The Software Purist |

CAT | Intel Threading-Building Blocks

This is a post I decided to migrate from my old blog and ultimately removed from my old blog.  Hopefully you will find the information useful:

I spent a little time reviewing threading technologies. OpenMP is the option that gets the most attention, because it’s an open standard and is the most likely to stick around. However, in my review, I stumbled upon Intel Threading-Building Blocks, and I have to say it’s a better option, despite being a commercial library. Here’s a head-to-head comparison from my PoV:

1) Compiler support: OpenMP uses pragmas, so it needs explicit compiler support, although most of the newer compilers support it. TBB is a portable library, so it can be built and added for older compilers.
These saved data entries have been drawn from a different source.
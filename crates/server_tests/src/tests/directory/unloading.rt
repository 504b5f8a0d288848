// A topic that nobody uses leaves, once it is stored.
use super::broker::Broker;
use super::chime::bell;
use super::letters::play;
use super::world::{Scene, come, open, settle, sit, topic_name, with_rows};
use delivery_machine::Fault;
use std::process::Abort;
use std::rt::Clock;
use std::sync::Wait;
use std::test::*;

/// How many topics may be open.
const MOST: u32 = 256;

fn numbered<R: Abort + AllocGlobal>(rt: &R, number: u32) -> String {
    let name = format!(in rt.alloc(); "persistent://public/default/t{number}");
    name.expect(rt, "no memory")
}

/// A message, by a producer that goes.
const MESSAGE: [&str; 3] = ["producer p -", "publish 1 0 - aGk= 1000", "drop 1"];

/// The topic has a message, and nobody sits there.
fn visit<D: Broker, R: Abort + AllocGlobal + Wait>(rt: &R, topics: &D, number: u32) {
    let seat = sit(rt, topics, numbered(rt, number).as_str());
    play(rt, topics, &seat, &MESSAGE);
    topics.detach(rt, seat);
}

fn visit_all<D: Broker, R: Abort + AllocGlobal + Wait>(rt: &R, topics: &D) {
    for number in 0..MOST {
        visit(rt, topics, number);
    }
}

fn refused<D: Broker, R: Abort + AllocGlobal + Wait>(
    rt: &R,
    topics: &D,
    number: u32,
) -> Option<Fault> {
    let name = topic_name(rt, numbered(rt, number).as_str());
    match come(rt, topics, &name, true, bell(rt)) {
        Ok(seat) => {
            topics.detach(rt, seat);
            None
        }
        Err(fault) => Some(fault),
    }
}

fn expect_refused<R: Abort>(rt: &R, got: Option<Fault>, want: Option<Fault>) {
    assert_eq!(rt; got, want);
}

#[derive(Clone, Copy)]
struct Unstored;

impl Scene for Unstored {
    fn play<D: Broker, R: Abort + AllocGlobal + Wait + Clock>(&self, rt: &R, keeper: D::Rows) {
        let topics: D = open(rt, keeper, 1);
        visit_all(rt, &topics);
        expect_refused(rt, refused(rt, &topics, MOST), Some(Fault::TooMany));
        settle(rt, &topics);
        expect_refused(rt, refused(rt, &topics, MOST), None);
    }
}

#[test]
fn a_topic_stays_until_it_is_stored(rt: HostRuntime) {
    with_rows(&rt, &Unstored);
}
As Stroustrop says, it’s better to have something added as a library rather than keywords and compiler directives, because it opens up possibilities. Advantage: TBB.
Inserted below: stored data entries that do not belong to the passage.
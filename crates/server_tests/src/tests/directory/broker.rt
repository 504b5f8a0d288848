// What the tests do with a directory beside what a broker's workers do. Nothing here says what it does either: so a test
// holds, hands on and drops a directory without its contracts, and is proved in little time.
use super::chime::Chime;
use crate::tests::base::read_again;
use broker_dir::{Attached, Directory, Errands, Terms};
use delivery_machine::Retention;
use marks::Naming;
use position_core::TopicName;
use row_store::Keeper;
use sqlite::MemStore;
use std::process::Abort;
use std::rt::Clock;
use std::sync::Wait;
use topic_core::TopicCore;

/// A directory of topics over a database in memory.
pub(super) trait Broker: broker_parts::Broker<Chime> {
    /// What keeps the topics.
    type Rows: Drop;
    /// What the thread that stores has between its tasks.
    type Tasks: Drop;

    fn open_over<R: AllocGlobal>(
        rt: &R,
        keeper: Self::Rows,
        terms: Terms,
        retention: Retention,
    ) -> Self;

    /// The broker stops: what is stored, read again, and how many messages have rows.
    fn stop<R: Abort + AllocGlobal>(self, rt: &R) -> (Self::Rows, u64);

    fn topic_of<'a>(&self, seat: &'a Self::Seat) -> &'a TopicName;

    fn close<R: Wait>(&self, rt: &R);

    fn tasks<R: Abort + AllocGlobal>(rt: &R) -> Self::Tasks;

    /// One task of the thread that stores, or one step of each courier. False where there is neither.
    fn keep_once<R: Wait + Clock>(&self, rt: &R, tasks: &mut Self::Tasks) -> bool;
}

impl<J: Naming> Broker for Directory<TopicCore, MemStore, J, Chime> {
    type Rows = Keeper<MemStore, J>;

    type Tasks = Errands<TopicCore, J, Chime>;

    fn open_over<R: AllocGlobal>(
        rt: &R,
        keeper: Keeper<MemStore, J>,
        terms: Terms,
        retention: Retention,
    ) -> Self {
        Directory::open(rt.alloc(), keeper, terms, retention)
    }

    fn stop<R: Abort + AllocGlobal>(self, rt: &R) -> (Keeper<MemStore, J>, u64) {
        let (mut conn, notes) = self.into_keeper().into_parts();
        let rows = conn.query_all("SELECT idx FROM entry", &[]).ok();
        let rows = rows.expect(rt, "no rows");
        let count = rows.len() as u64;
        drop(rows);
        let keeper = Keeper::adopt(rt.alloc(), read_again(rt, conn), notes);
        (keeper.ok().expect(rt, "no rows"), count)
    }

    fn topic_of<'a>(&self, seat: &'a Attached<TopicCore, J, Chime>) -> &'a TopicName {
        seat.topic()
    }

    fn close<R: Wait>(&self, rt: &R) {
        drop(Directory::close(self, rt));
    }

    fn tasks<R: Abort + AllocGlobal>(rt: &R) -> Errands<TopicCore, J, Chime> {
        Errands::new(rt.alloc()).expect(rt, "no moment")
    }

    fn keep_once<R: Wait + Clock>(&self, rt: &R, tasks: &mut Errands<TopicCore, J, Chime>) -> bool {
        Directory::keep_once(self, rt, tasks)
    }
}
2) Code clarity: In cases where OpenMP can be used, OpenMP involves very little work in modifying code if you have a parallelizable loop, for example. TBB involves functors, and while STL algorithms are nice, it’s also nice to have the ability to do things inline. I give OpenMP the edge, because in the best case, OpenMP is a little cleaner. In the worst case, TBB may be cleaner, but I’ll give this one to OpenMP. Advantage: OpenMP

3) C++ Support. OpenMP is clearly not targetted towards C++ programmers. It doesn’t support many important C++ constructs. TBB seems to support these better. The iterator support is quite important. I understand that OpenMP intends to be support C++ with the 3.0 spec, but it’s still quite lacking. Advantage: TBB

4) Concurrent containers. OpenMP has nothing for extra C++ support. TBB has a few concurrent containers and I believe there’s more in the next version. I can’t express how many times I would’ve parallelized a piece of code if I had something like concurrent_queue available. Major props, Intel. Huge Advantage: TBB

5) Exceptions. OpenMP has an issue where you throw an exception into an OpenMP thread and the behavior is undefined. This is not surprising, but they have no plans to correct this issue. This issue alone makes OpenMP unusable for production code, because there’s too much work to do to make OpenMP handle exceptions correctly. TBB states an intent to acknowledge exception handling and propagate the first exception. I believe it does this correctly. Advantage: TBB

Overall, as a C++ programmer, I think TBB wins on almost all aspects. Since it’s using threading underneath, it’s clear to me that you can achieve similar speed-ups with both. I believe TBB gives more opportunity for taking existing C++ code and making smaller modifications, while OpenMP would require you to “dumb down” your code to C level in order to take advantage of things. If you’re a C programmer, I don’t have any doubt, however, that you’d want to consider OpenMP. TBB is the C++-friendly version of OpenMP, as far as I’m concerned.